##### DATA SECTION #####
ghost use Rattle.std.specs.Prelude.{◌≡◌, ℕ, ◌<◌, ◌↔◌, IsTrue, IsNone, IfSome, All};
ghost use Rattle.dpe_base.specs.Sets.{Has, Within, full, union};
ghost use Rattle.join_graph.specs.Graphs.{JoinGraph, graph_of, Crossed, Connected, Edge, other_end, adjacent_to, adjacency, IsNeighbours, IsFirstUnreached, IsGraph};
ghost use Rattle.join_graph.specs.Growth.{IsFrontier, IsGrown};

use dpe_base::{N_MAX, Pred, Query, RelSet};
use std::marker::Model;

/// The join graph of a query: how many relations, and the neighbours of each.
#[derive(Clone, Copy, Debug)]
pub struct Graph {
    n: u8,
    adjacent: [RelSet; N_MAX],
}

impl Model for Graph {
    ghost use Rattle.join_graph.specs.Graphs.{JoinGraph, IsGraph};

    ghost Value = { JoinGraph };

    ghost view = { λ g. record { n = g.n; adjacent = g.adjacent } };

    ghost invariant = { λ g. IsGraph (record { n = g.n; adjacent = g.adjacent }) };

    ghost inverse = { λ v. record { n = v.n; adjacent = v.adjacent } };
}

// The other end of a predicate with an end at `r`.
#[tactic(auto, unfolding(crate::specs::Graphs::other_end))]
fn other_end(r: u8, p: &Pred) -> RelSet
    requires { (p.now.low < p.now.high) × (p.now.high < N_MAX) }
    ensures { result ≡ other_end r p.now }
{
    if p.low == r {
        RelSet::single(p.high)
    } else if p.high == r {
        RelSet::single(p.low)
    } else {
        RelSet::empty()
    }
}

// The relations that a predicate joins to `r`.
#[tactic(auto, unfolding(crate::specs::Graphs::adjacent_to))]
fn adjacent_to(preds: &[Pred], r: u8) -> RelSet
    requires { All (λ p. (p.low < p.high) × (p.high < N_MAX)) preds.now }
    ensures { result ≡ adjacent_to preds.now r }
{
    let mut all = RelSet::empty();
    for p in preds {
        all = all.union(other_end(r, p));
    }
    all
}

// The neighbours of each relation.
fn adjacency(preds: &[Pred]) -> [RelSet; N_MAX]
    requires { All (λ p. (p.low < p.high) × (p.high < N_MAX)) preds.now }
    ensures { result ≡ adjacency preds.now }
{
    let mut adjacent = [RelSet::empty(); N_MAX];
    for r in 0..N_MAX {
        adjacent[r] = adjacent_to(preds, r as u8);
    }
    adjacent
}

impl Graph {
    /// The join graph of the query: two relations are neighbours where a predicate has them as its ends.
    pub fn of(query: &Query) -> Graph
        ensures { result ≡ graph_of query.now }
    {
        Graph {
            n: query.n(),
            adjacent: adjacency(query.preds()),
        }
    }

    /// How many relations the query has: they are the numbers below it.
    pub fn n(&self) -> u8
        ensures value { result ≡ self.now.n }
        ensures valid { IsGraph self.now }
    {
        self.n
    }

    /// What every graph keeps, for a proof that needs it. It does nothing.
    pub fn recall(&self)
        ensures { IsGraph self.now }
    {
        let _ = &self.n;
    }

    // The relations that are joined to one in `s`.
    fn gathered(&self, s: RelSet) -> RelSet
        requires { Within s (full self.now.n) }
        ensures { (t : ℕ) → Has result t ↔ ((k : ℕ) × Has s k × Edge self.now k t) }
    {
        let mut all = RelSet::empty();
        let mut rest = s;
        'rest: while let Some(r) = rest.least() {
            all = all.union(self.adjacent[r as usize]);
            rest = rest.minus(RelSet::single(r));
        }
        all
    }

    /// The relations outside `s` that a predicate joins to one in `s`.
    pub fn neighbours(&self, s: RelSet) -> RelSet
        requires { Within s (full self.now.n) }
        ensures { IsNeighbours self.now s result }
    {
        self.gathered(s).minus(s)
    }

    /// Whether a predicate has one end in `a` and the other in `b`.
    pub fn joined(&self, a: RelSet, b: RelSet) -> bool
        requires a_in { Within a (full self.now.n) }
        requires b_in { Within b (full self.now.n) }
        ensures { IsTrue result ↔ Crossed self.now a b }
    {
        self.recall();
        self.gathered(a).meets(b)
    }

    // The relations of `s` outside `part` that are joined to one in `part`.
    fn frontier(&self, part: RelSet, s: RelSet) -> RelSet
        requires { Within part (full self.now.n) }
        ensures { IsFrontier self.now part s result }
    {
        let outside = self.neighbours(part);
        outside.minus(outside.minus(s))
    }

    // The same of `part` and its frontier `more`. What is joined to `part` is in `more`, so that alone counts.
    fn next_frontier(&self, part: RelSet, more: RelSet, s: RelSet) -> RelSet
        requires within { Within more (full self.now.n) }
        requires frontier { IsFrontier self.now part s more }
        ensures { IsFrontier self.now (union part more) s result }
    {
        let outside = s.minus(part.union(more));
        if outside.bits() == 0 {
            return outside;
        }
        outside.minus(outside.minus(self.gathered(more)))
    }

    // What a walk inside `s` reaches from `first`.
    fn grown(&self, first: u8, s: RelSet) -> RelSet
        requires within { Within s (full self.now.n) }
        requires first { Has s first }
        ensures { IsGrown self.now first s result }
    {
        self.recall();
        let mut part = RelSet::single(first);
        let mut more = self.frontier(part, s);
        'walk: while more.bits() != 0 {
            let next = self.next_frontier(part, more, s);
            part = part.union(more);
            more = next;
        }
        part
    }

    /// Whether `s` is not empty and a predicate crosses every split of `s` into two parts that are not empty.
    pub fn connected(&self, s: RelSet) -> bool
        requires { Within s (full self.now.n) }
        ensures { IsTrue result ↔ Connected self.now s }
    {
        self.recall();
        match s.least() {
            None => false,
            Some(first) => self.grown(first, s).bits() == s.bits(),
        }
    }

    /// The least relation that no walk from relation 0 reaches; `None` exactly where the graph is connected.
    pub fn first_unreached(&self) -> Option<u8>
        ensures none { IsNone result ↔ Connected self.now (full self.now.n) }
        ensures some { IfSome result (λ r. IsFirstUnreached self.now r) }
    {
        let all = RelSet::full(self.n);
        let reached = self.grown(0, all);
        let unreached = all.minus(reached);
        unreached.least()
    }
}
#####
## DESCRIPTION OF THE TASK:
Every line in the data that holds "many" should be copied out.

## WORKED SOLUTION:
/// The join graph of a query: how many relations, and the neighbours of each.
    /// How many relations the query has: they are the numbers below it.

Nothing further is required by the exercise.